Derrick Stolee wrote:
> On 10/17/2021 9:15 PM, Junio C Hamano wrote:
>> Derrick Stolee <stolee@gmail.com> writes:
>>
>>>>     * In addition, with these patches, if index.sparse=false, a
>>>>       sparse index will be expaned to full upon reading, and if it
>>>>       is true, a non-sparse index will be shrunk to sparse upon
>>>>       reading
>>>
>>> This is only half true. If "index.sparse=false", then a sparse
>>> index will be expanded to full upon reading. If "index.sparse=true"
>>> then nothing special will happen to an index on reading.
>>
>> OK.  I somehow got the impression that we convert in both ways from
>> the patch text under discussion, specifically this part in
>> do_read_index():
>>
>>> -	if (istate->repo->settings.command_requires_full_index)
>>> +	if (!istate->repo->settings.sparse_index ||
>>> +	    istate->repo->settings.command_requires_full_index)
>>>  		ensure_full_index(istate);
>>> +	else if (!istate->sparse_index)
>>> +		convert_to_sparse(istate, 0);
>>>  
>>>  	return istate->cache_nr;
>>
>> We used to say "when we know we are running a command that is not
>> sparse ready, expand it here" and nothing else.
>>
>> We now added a bit more condition for expansion, i.e. "when we are
>> told that the repository does not want sparse index, or when the
>> command is not sparse ready".
>>
>> But the patch goes one more step.  "If we didn't find a reason to
>> expand to full, and if the in-core index we read is not sparse, then
>> call convert_to_sparse() on it".  So if the repo settings tells us
>> that the repository wants a sparse index, and the index we read was
>> not sparse, what does convert_to_sparse() without MEM_ONLY flag bit
>> do?  Nothing special?
> 
> You are absolutely right. I've been talking about what I _thought_
> the code does (and should do) but I missed this 'else if' which is
> in fact doing what you have been claiming the entire time. I should
> have done a better job double-checking the code before doubling
> down on my claims.
> 
> I think the 'else if' should be removed, which would match my
> expectations.
> 

By leaving that part out, wouldn't you only solve half of the "mismatch"
between in-core index and repo setting? Earlier, you described your
expectation as:

> * If index.sparse=false, then a sparse index will be converted to
>   full upon read.
> 
> * If index.sparse=true, then a full index will be converted to sparse
>   on write.

Why should the direction of change to the setting value (false->true vs
true->false) cause the index to convert at different times? Consider the
scenario:

# In a cone-mode, sparse index-enabled sparse checkout repo
$ git -c index.sparse=false status    # 1
$ git status                          # 2
$ git status                          # 3

Before this patch, the index has the following states per command:

(1) the index is sparse in-core, writes full on-disk
(2) the index is full in-core, writes sparse on-disk
(3) the index is sparse in-core, writes sparse on-disk

Here, I see two mismatches in my expectations: (1) operates on an in-core
sparse index, despite `index.sparse=false`, and (2) operates on an in-core
full index, despite `index.sparse=true`. 

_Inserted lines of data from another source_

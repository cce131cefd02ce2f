//! Spares: each brick suspects bricks that it thinks are gone, rightly or not, and the suspected members of a view are replaced from a
//! pool of bricks that the layout names (Saito et al., "FAB: Building Distributed Enterprise Disk Arrays from Commodity Components",
//! ASPLOS 2004, section 5).
//!
//! Nothing here decides a view: what `Spares::list` gives is proposed as any other list of members.
#![tactic(auto)]

pub mod suspicions;

pub use suspicions::Spares;
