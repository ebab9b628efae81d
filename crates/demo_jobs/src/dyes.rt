//! The dyes of a job, drawn at random, and the hidden recipe that makes the standard.

ghost use Rattle.std.specs.Prelude.{◌≡◌, ◌≤◌, ◌<◌, All, length};
ghost use Rattle.demo_jobs.specs.Dyes.{IsDrawn, drawn_dye, drawn_dyes, hidden_recipe, hidden_steps};

use crate::draws::draw;
use arrayvec::ArrayVec;

/// How many dyes a job has.
pub(crate) const DYES: usize = 6;

/// A dye that was drawn.
#[derive(Debug, Clone, Copy, Default, Drop)]
pub(crate) struct DrawnDye {
    /// Its number, from 1.
    pub(crate) number: u32,
    /// The index of the wavelength that it absorbs most.
    pub(crate) centre: u32,
    /// How strongly it absorbs at that wavelength, less 5 (see `strength`).
    pub(crate) height: u32,
    /// What a unit of it costs.
    pub(crate) price: u32,
    /// What it costs to use any of it.
    pub(crate) fee: u32,
}

/// The dye at an index, from its four draws.
fn drawn_dye(draws: &[u32], index: usize) -> DrawnDye
    requires draws { length draws.now ≡ 30 }
    requires index { index < 6 }
    ensures is { result ≡ drawn_dye draws.now index }
    ensures range { IsDrawn result }
{
    let first = 4 * index;
    DrawnDye {
        number: index as u32 + 1,
        centre: 5 * index as u32 + 2 + draw(draws, first, 4),
        height: 200 + draw(draws, first + 1, 200),
        price: 20 + draw(draws, first + 2, 80),
        fee: draw(draws, first + 3, 2000),
    }
}

/// The dyes of a job.
#[tactic(auto, unfolding(crate::specs::Dyes::drawn_dyes))]
pub(crate) fn drawn_dyes(draws: &[u32]) -> ArrayVec<DrawnDye, DYES>
    requires { length draws.now ≡ 30 }
    ensures is { result.items ≡ drawn_dyes draws.now }
    ensures range { All IsDrawn result.items }
    ensures count { length result.items ≡ 6 }
{
    let mut dyes = ArrayVec::new();
    for index in 0..DYES {
        dyes.push(drawn_dye(draws, index));
    }
    dyes
}

/// The steps of the dye at an index in the hidden recipe: of dyes 1 and 2, of 3 and 4, and of 5 and
/// 6 one is drawn and has 20 to 119 steps, and the other has none.
fn hidden_steps(draws: &[u32], index: usize) -> u16
    requires draws { length draws.now ≡ 30 }
    requires index { index < 6 }
    ensures is { result ≡ hidden_steps draws.now index }
    ensures few { result ≤ 400 }
{
    let first = 24 + index / 2 * 2;
    if draw(draws, first, 2) as usize == index % 2 {
        20 + draw(draws, first + 1, 100) as u16
    } else {
        0
    }
}

/// The recipe that makes the standard.
#[tactic(auto, unfolding(crate::specs::Dyes::hidden_recipe))]
pub(crate) fn hidden_recipe(draws: &[u32]) -> ArrayVec<u16, DYES>
    requires { length draws.now ≡ 30 }
    ensures is { result.items ≡ hidden_recipe draws.now }
    ensures few { All (λ n. n ≤ 400) result.items }
    ensures count { length result.items ≡ 6 }
{
    let mut steps = ArrayVec::new();
    for index in 0..DYES {
        steps.push(hidden_steps(draws, index));
    }
    steps
}
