//! Times the judging of the boxes of a job, and the search over them.

ghost use Rattle.std.specs.Prelude.{◌≡◌, ◌≤◌, All, IfSome, length, vec_len};
ghost use Rattle.box_specs.specs.Span.{IsBox, IsInside};
ghost use Rattle.recipe_judge.specs.Recipes.{recipe_land};
ghost use Rattle.spectral_tables.specs.declared.records.TheConstants.{TABLE_LIMIT};

use box_core::{BoxR, Evals, Judged, Landscape, split};
use box_search::search;
use job_file::{BatchRule, JobLight, Resolved, read_job, resolve};
use recipe_judge::RecipeLand;
use spectral_tables::{TABLE_LIMIT, WaveGrid, Weights, read_curves, read_weights};
use std::rt::{Clock, Files};
use std::time::Instant;
use std::{fs, io};

/// How many times in a row a box is split at most.
const DEPTH: u32 = 12;

/// How many boxes a search may judge.
const BUDGET: u32 = 5000;

/// How many boxes of each kind were judged.
#[derive(Clone, Copy, Debug, Default)]
struct Kinds {
    limit: u32,
    fail: u32,
    open: u32,
    single: u32,
}

impl Kinds {
    /// Counts one more judged box.
    fn count(&mut self, judged: Judged) {
        let kind = match judged {
            Judged::Limit(_) => &mut self.limit,
            Judged::Fail(_) => &mut self.fail,
            Judged::StillOpen => &mut self.open,
            Judged::Pass | Judged::Undecided => &mut self.single,
        };
        *kind = kind.saturating_add(1);
    }
}

/// A file of at most [`TABLE_LIMIT`] bytes.
fn short_file<R: Files + AllocGlobal>(rt: &R, name: &str) -> Option<Vec<u8>>
    ensures { IfSome result (λ bytes. vec_len bytes ≤ TABLE_LIMIT) }
{
    let bytes = fs::read(rt, name).ok()?;
    if bytes.len() as u64 > TABLE_LIMIT {
        return None;
    }
    Some(bytes)
}

/// The weights of lights, each for this many wavelengths.
fn weights_of<R: Files + AllocGlobal>(
    rt: &R,
    lights: &[JobLight],
    waves: usize,
) -> Option<Vec<Weights>>
    ensures count { IfSome result (λ w. length w.items ≡ length lights.now) }
    ensures waves { IfSome result (λ w. All (λ t. length t.weights ≡ waves) w.items) }
{
    let mut list = Vec::new(rt.alloc());
    for light in lights {
        let text = short_file(rt, light.weights.as_str())?;
        let weights = read_weights(rt.alloc(), text.as_slice(), WaveGrid::Ten).ok()?;
        if weights.waves() != waves {
            return None;
        }
        list.push(weights).ok()?;
    }
    Some(list)
}

/// The job in a file, resolved over its tables.
fn resolved_from<R: Files + AllocGlobal>(rt: &R, name: &str) -> Option<Resolved> {
    let alloc = rt.alloc();
    let text = short_file(rt, name)?;
    let job = read_job(alloc, text.as_slice(), BatchRule::Either).ok()?;
    let text = short_file(rt, job.curves.as_str())?;
    let book = read_curves(alloc, text.as_slice(), WaveGrid::Ten).ok()?;
    let waves = book.find(job.substrate.as_str())?.waves();
    let weights = weights_of(rt, job.light.as_slice(), waves)?;
    resolve(alloc, job, &book, weights).ok()
}

/// Judges a box, and where it is open its halves, and so on.
fn walk(land: &RecipeLand, part: &BoxR, depth: u32, kinds: &mut Kinds, meter: &mut Evals)
    requires boxed { IsBox part.now }
    requires inside { IsInside part.now (recipe_land land.now).top }
{
    let judged = land.judge(part, meter);
    kinds.count(judged);
    if 0 < depth && !part.is_single() {
        if let Judged::StillOpen = judged {
            let cut = split(part);
            walk(land, &cut.left, depth - 1, kinds, meter);
            walk(land, &cut.right, depth - 1, kinds, meter);
        }
    }
}

/// Times walks over the boxes of a job: prints the least time per box of `rounds` walks.
fn time_judging<R: Clock + Print>(rt: &R, land: &RecipeLand, rounds: u32) -> io::Result<()> {
    let mut least = u128::MAX;
    let mut kinds = Kinds::default();
    for _ in 0..rounds {
        let top = land.top();
        let mut meter = Evals::default();
        kinds = Kinds::default();
        let start = Instant::now(rt)?;
        walk(land, &top, DEPTH, &mut kinds, &mut meter);
        let took = start.elapsed(rt)?.as_nanos();
        least = least.min(took / u128::from(meter.judged).max(1));
    }
    println!(rt; "judge {least} ({kinds:?})")
}

/// Times searches: prints the least time per box of `rounds` searches.
fn time_search<R: Clock + Print + AllocGlobal>(
    rt: &R,
    land: &RecipeLand,
    rounds: u32,
) -> io::Result<()> {
    let mut least = u128::MAX;
    let mut lines = 0;
    for _ in 0..rounds {
        let mut meter = Evals::default();
        let start = Instant::now(rt)?;
        let outcome = search(rt.alloc(), land, BUDGET, &mut meter)?;
        let took = start.elapsed(rt)?.as_nanos();
        least = least.min(took / u128::from(outcome.boxes).max(1));
        lines = outcome.cert.lines.as_slice().len();
    }
    println!(rt; "search {least} (boxes {BUDGET} at most, lines {lines})")
}

/// Times the judging of the boxes of the job in a file, and the search over them.
pub(crate) fn run<R: Clock + Print + Files + AllocGlobal>(
    rt: &R,
    name: &str,
    rounds: u32,
) -> io::Result<()> {
    let Some(resolved) = resolved_from(rt, name) else {
        return println!(rt; "no such job");
    };
    let land = RecipeLand::of_job(rt.alloc(), resolved)?;
    time_judging(rt, &land, rounds)?;
    time_search(rt, &land, rounds)
}
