//! The walk over the lines of a tree.

ghost use Rattle.std.specs.Prelude.{◌≡◌, ◌≤◌, ◌+◌, None, IfOk, length, replicate, false, [], ◌∷◌};
ghost use Rattle.std.specs.List.{AllByRecursion};
ghost use Rattle.box_specs.specs.Landscape.{IsSound};
ghost use Rattle.box_specs.specs.Span.{lists};
ghost use Rattle.box_specs.specs.Validity.{corners, is_pass_line, is_undecided_line, line_failure};
ghost use Rattle.cert_check.specs.Held.{AllHeld, boxes};
ghost use Rattle.cert_check.specs.Marks.{HasMarks};
ghost use Rattle.cert_check.specs.Ready.{IsReady};
ghost use Rattle.cert_check.specs.Walk.{Advances, AtMostOne, MarksBoth, next_fault};

use crate::grid::count_of;
use crate::lines::check_line;
use crate::marks::{Marks, is_pass_line, is_undecided_line, mark};
use crate::stance::Stance;
use crate::waiting::Waiting;
use box_core::{Carried, Carrying, CertLine, Why, carried};
use std::alloc::{AllocError, Global};

/// Checks a line against the first of the waiting boxes.
#[tactic(auto, using(crate::proofs::Parts::corner_within))]
fn step<L: Carrying>(
    land: &L,
    stance: &Stance,
    line: CertLine,
    waiting: &mut Waiting<Carried<L::Held>>,
    marks: &mut Marks,
    meter: &mut L::Meter,
) -> Result<Option<Why>, AllocError>
    requires ready { IsReady (L.land land.now) stance.now.cutoff
        (lists stance.now.matched.now) (lists stance.now.listed.now) }
    requires parts { AllByRecursion (IsSound (L.land land.now)) (boxes waiting.old) }
    requires held { AllHeld (L.stands land.now) waiting.old }
    requires passed { length marks.old.passed.items ≡ length (lists stance.now.matched.now) }
    requires unsure { length marks.old.unsure.items ≡ length (lists stance.now.listed.now) }
    ensures fault { IfOk result (λ fault. fault ≡ next_fault (L.land land.now) stance.now.cutoff
        (lists stance.now.matched.now) (lists stance.now.listed.now) (boxes waiting.old) line) }
    ensures goes { IfOk result (λ fault. fault ≡ None
        → Advances (L.land land.now) line (boxes waiting.old) (boxes waiting.new)) }
    ensures held { IfOk result (λ fault. fault ≡ None → AllHeld (L.stands land.now) waiting.new) }
    ensures marks { IfOk result (λ fault. fault ≡ None → MarksBoth line (boxes waiting.old)
        marks.old.passed.items marks.new.passed.items
        marks.old.unsure.items marks.new.unsure.items
        (lists stance.now.matched.now) (lists stance.now.listed.now)) }
    ensures judged { AtMostOne
        (L.judged_count land.now meter.old) (L.judged_count land.now meter.new) }
    ensures fresh { L.fresh_count land.now meter.new ≡ L.fresh_count land.now meter.old }
{
    let Some(whole) = waiting.take() else {
        return Ok(None);
    };
    let (fault, halves) = check_line(land, stance, &whole, line, meter);
    if fault.is_some() {
        return Ok(fault);
    }
    mark(
        land,
        stance.matched,
        &whole.part,
        is_pass_line(line),
        &mut marks.passed,
    );
    mark(
        land,
        stance.listed,
        &whole.part,
        is_undecided_line(line),
        &mut marks.unsure,
    );
    waiting.put_halves(halves)?;
    Ok(None)
}

/// The first line that does not hold. Where all hold, the recipes of the lines that pass and of
/// those that are undecided are marked in the end.
pub(crate) fn walk<L: Carrying>(
    alloc: Global,
    land: &L,
    stance: &Stance,
    lines: &[CertLine],
    marks: &mut Marks,
    meter: &mut L::Meter,
) -> Result<Option<(u32, Why)>, AllocError>
    requires ready { IsReady (L.land land.now) stance.now.cutoff
        (lists stance.now.matched.now) (lists stance.now.listed.now) }
    requires few_listed { length (lists stance.now.listed.now) ≤ 1000000 }
    requires few_lines { length lines.now ≤ 32000000 }
    requires passed { marks.old.passed.items
        ≡ replicate (length (lists stance.now.matched.now)) false }
    requires unsure { marks.old.unsure.items
        ≡ replicate (length (lists stance.now.listed.now)) false }
    ensures is { IfOk result (λ failure. failure ≡ line_failure (L.land land.now) stance.now.cutoff
        (lists stance.now.matched.now) (lists stance.now.listed.now)
        (4 + length (lists stance.now.listed.now)) ((L.land land.now).top ∷ []) lines.now) }
    ensures passed { IfOk result (λ failure. failure ≡ None → HasMarks marks.new.passed.items []
        (lists stance.now.matched.now)
        (corners is_pass_line ((L.land land.now).top ∷ []) lines.now)) }
    ensures unsure { IfOk result (λ failure. failure ≡ None → HasMarks marks.new.unsure.items []
        (lists stance.now.listed.now)
        (corners is_undecided_line ((L.land land.now).top ∷ []) lines.now)) }
    ensures judged { L.judged_count land.now meter.new
        ≤ L.judged_count land.now meter.old + length lines.now }
    ensures fresh { L.fresh_count land.now meter.new ≤ L.fresh_count land.now meter.old + 1 }
{
    let mut waiting = Waiting::new(alloc);
    waiting.put(carried::top(land, meter))?;
    let first = 4 + count_of(stance.listed) as u32;
    for (i, line) in lines.iter().enumerate() {
        let fault = step(land, stance, *line, &mut waiting, marks, meter)?;
        if let Some(why) = fault {
            return Ok(Some((first + i as u32, why)));
        }
    }
    Ok(None)
}
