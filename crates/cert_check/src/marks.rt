//! Which recipes of the lists have their lines.

ghost use Rattle.std.specs.Prelude.{◌≡◌, ◌≤◌, length};
ghost use Rattle.box_specs.specs.Span.{IsWithin, lists};
ghost use Rattle.box_specs.specs.Validity.{is_pass_line, is_undecided_line};
ghost use Rattle.cert_check.specs.Marks.{MarksMore, first_unmarked};
ghost use Rattle.cert_check.specs.Ready.{IsSorted};
ghost use Rattle.cert_check.specs.Walk.{recipe_if};

use crate::list::index_of;
use box_core::{BoxR, CertLine, Landscape, Why};
use price_grid::Steps;

/// A mark for each recipe that passes and for each undecided one.
#[derive(Drop)]
pub(crate) struct Marks {
    pub passed: Vec<bool>,
    pub unsure: Vec<bool>,
}

/// Whether a line says that its recipe is undecided.
pub(crate) fn is_undecided_line(line: CertLine) -> bool
    ensures { result ≡ is_undecided_line line }
{
    match line {
        CertLine::Undecided => true,
        CertLine::Split { .. } => false,
        CertLine::Limit(_) | CertLine::Fail(_) | CertLine::Dear | CertLine::Pass => false,
    }
}

/// Whether a line says that its recipe passes.
pub(crate) fn is_pass_line(line: CertLine) -> bool
    ensures { result ≡ is_pass_line line }
{
    match line {
        CertLine::Pass => true,
        CertLine::Split { .. } => false,
        CertLine::Limit(_) | CertLine::Fail(_) | CertLine::Dear | CertLine::Undecided => false,
    }
}

/// Marks the recipe of a box in a list, if the box has a line for that list.
pub(crate) fn mark<L: Landscape>(
    land: &L,
    listed: &[Steps],
    part: &BoxR,
    has_line: bool,
    marks: &mut Vec<bool>,
)
    requires sorted { IsSorted (L.land land.now) (lists listed.now) }
    requires recipe { IsWithin part.now.lo (L.land land.now).top }
    requires long { length marks.old.items ≡ length (lists listed.now) }
    ensures { MarksMore
        marks.old.items marks.new.items (recipe_if has_line part.now) (lists listed.now) }
{
    if has_line {
        if let Some(i) = index_of(land, listed, &part.lo) {
            marks[i] = true;
        }
    }
}

/// The first recipe of a list without a mark. The list begins in the line of the given number.
pub(crate) fn first_unmarked(marks: &[bool], first_line: u32) -> Option<(u32, Why)>
    requires few { length marks.now ≤ 1000000 }
    requires line { first_line ≤ 4000000 }
    ensures { result ≡ first_unmarked first_line marks.now }
{
    for (i, marked) in marks.iter().enumerate() {
        if !*marked {
            return Some((first_line + i as u32, Why::WrongList));
        }
    }
    None
}
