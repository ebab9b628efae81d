//! The weights of the two lights.

ghost use Rattle.std.specs.Prelude.{◌≡◌, ◌≤◌, ◌<◌};
ghost use Rattle.demo_jobs.specs.WeightsText.{decimals_of, first_weights, weights_at, white_of};

use crate::cloths::triangle;

/// A light of a job.
#[derive(Debug, Clone, Copy)]
pub(crate) enum Light {
    /// Its weights are whole numbers.
    First,
    /// Its weights have one decimal place.
    Second,
}

/// The weights of the first light at a wavelength index, for X, Y and Z.
fn first_weights(index: u32) -> [u32; 3]
    ensures { result ≡ first_weights index }
{
    [
        triangle(8, 20, index) + triangle(3, 4, index),
        triangle(10, 15, index),
        2 * triangle(6, 5, index),
    ]
}

impl Light {
    /// How many decimal places the weights have.
    pub(crate) fn decimals(self) -> u8
        ensures is { result ≡ decimals_of self }
        ensures few { result ≤ 12 }
    {
        match self {
            Light::First => 0,
            Light::Second => 1,
        }
    }

    /// The weights at a wavelength index, in units of their last decimal place. As values, those of
    /// the second light are those of the first times `(10 + index) / 10`: as numbers of tenths,
    /// those of the first times `10 + index`.
    #[tactic(auto, unfolding(crate::specs::WeightsText::weights_at))]
    pub(crate) fn weights(self, index: u32) -> [u32; 3]
        requires { index < 31 }
        ensures { result ≡ weights_at self index }
    {
        match self {
            Light::First => first_weights(index),
            Light::Second => {
                let [x, y, z] = first_weights(index);
                let tenths = 10 + index;
                [x * tenths, y * tenths, z * tenths]
            }
        }
    }

    /// The white values, in units of their last decimal place: the sums of the weights.
    pub(crate) fn white(self) -> [u32; 3]
        ensures { result ≡ white_of self }
    {
        match self {
            Light::First => [73, 100, 72],
            Light::Second => [2046, 2500, 1080],
        }
    }
}
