//! Records of a table file, field by field.

ghost use Rattle.std.specs.Prelude.{◌≡◌, ◌≤◌, ◌<◌, ◌++◌, ◌∷◌, OnOk};
ghost use Rattle.demo_jobs.specs.Lines.{number_field, wavelength_field};

use arrayvec::ArrayVec;
use dec_text::put_fixed;
use std::alloc::AllocError;

/// The digits of a number that is given in units of its last decimal place.
pub(crate) fn number_field(decimals: u8, number: u32) -> ArrayVec<u8, 64>
    requires { decimals ≤ 12 }
    ensures { result.items ≡ number_field decimals number }
{
    let mut digits = ArrayVec::new();
    put_fixed(i128::from(number), decimals, &mut digits);
    digits
}

/// The field of a wavelength, in nanometres, from its index.
pub(crate) fn wavelength_field(index: u32) -> ArrayVec<u8, 64>
    requires { index < 31 }
    ensures { result.items ≡ wavelength_field index }
{
    number_field(0, 400 + 10 * index)
}

/// Appends a comma and a field.
pub(crate) fn push_field(text: &mut Vec<u8>, field: &[u8]) -> Result<(), AllocError>
    ensures { OnOk result (text.new.items ≡ text.old.items ++ 44 ∷ field.now) }
{
    text.push(b',')?;
    text.extend_from_slice(field)
}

What you're suggesting solves only the first mismatch. However, the second
mismatch incurs the performance hit of a supposedly-sparse command actually
operating on an in-core full index. It also creates an inconsistency between
(2) and (3) in their use of the sparse index. What I'd like this patch to do
is:

(1) the index is full in-core, writes full on-disk
(2) the index is sparse in-core, writes sparse on-disk
(3) the index is sparse in-core, writes sparse on-disk

Here, there are no more mismatches between in-core index usage and what is
written to disk, and (2) and (3) use the same index sparsity.

>> I see many unconditional calls to convert_to_sparse(istate, 0) on
>> the write code paths, where I instead would expect "if the repo
>> wants sparse, call convert_to_sparse(), and if the repo does not
>> want sparse, call ensure_full_index()", before actualy writing the
>> entries out.  These also are setting traps to confuse readers.
>>
>> Perhaps we want a helper function "ensure_right_sparsity(istate)"
>> that would be called where we have
>>
>> 	if (condition)
>> 		convert_to_sparse();
>> 	else
>> 		ensure_full_index();
>>
>> or an unconditonal call to convert_to_sparse() to unconfuse readers?
> 
> convert_to_sparse() has several checks that prevent the conversion
> from happening, such as having a split index. In particular, it will
> skip the conversion if the_repository->settings.sparse_index is false.
> Thus, calling it unconditionally in the write code is correct.
> 

I may have introduced some confusion by redundantly checking
`!istate->sparse_index` before converting to sparse (my goal was readability
- showing the index does not need to be converted to sparse if it is already
sparse - but I think it ended up doing the opposite). The condition could be
removed entirely, thanks to an equivalent check inside `convert_to_sparse`:

-       if (istate->repo->settings.command_requires_full_index)
+       if (!istate->repo->settings.sparse_index ||
+           istate->repo->settings.command_requires_full_index)
                ensure_full_index(istate);
+       else
+               convert_to_sparse(istate, 0);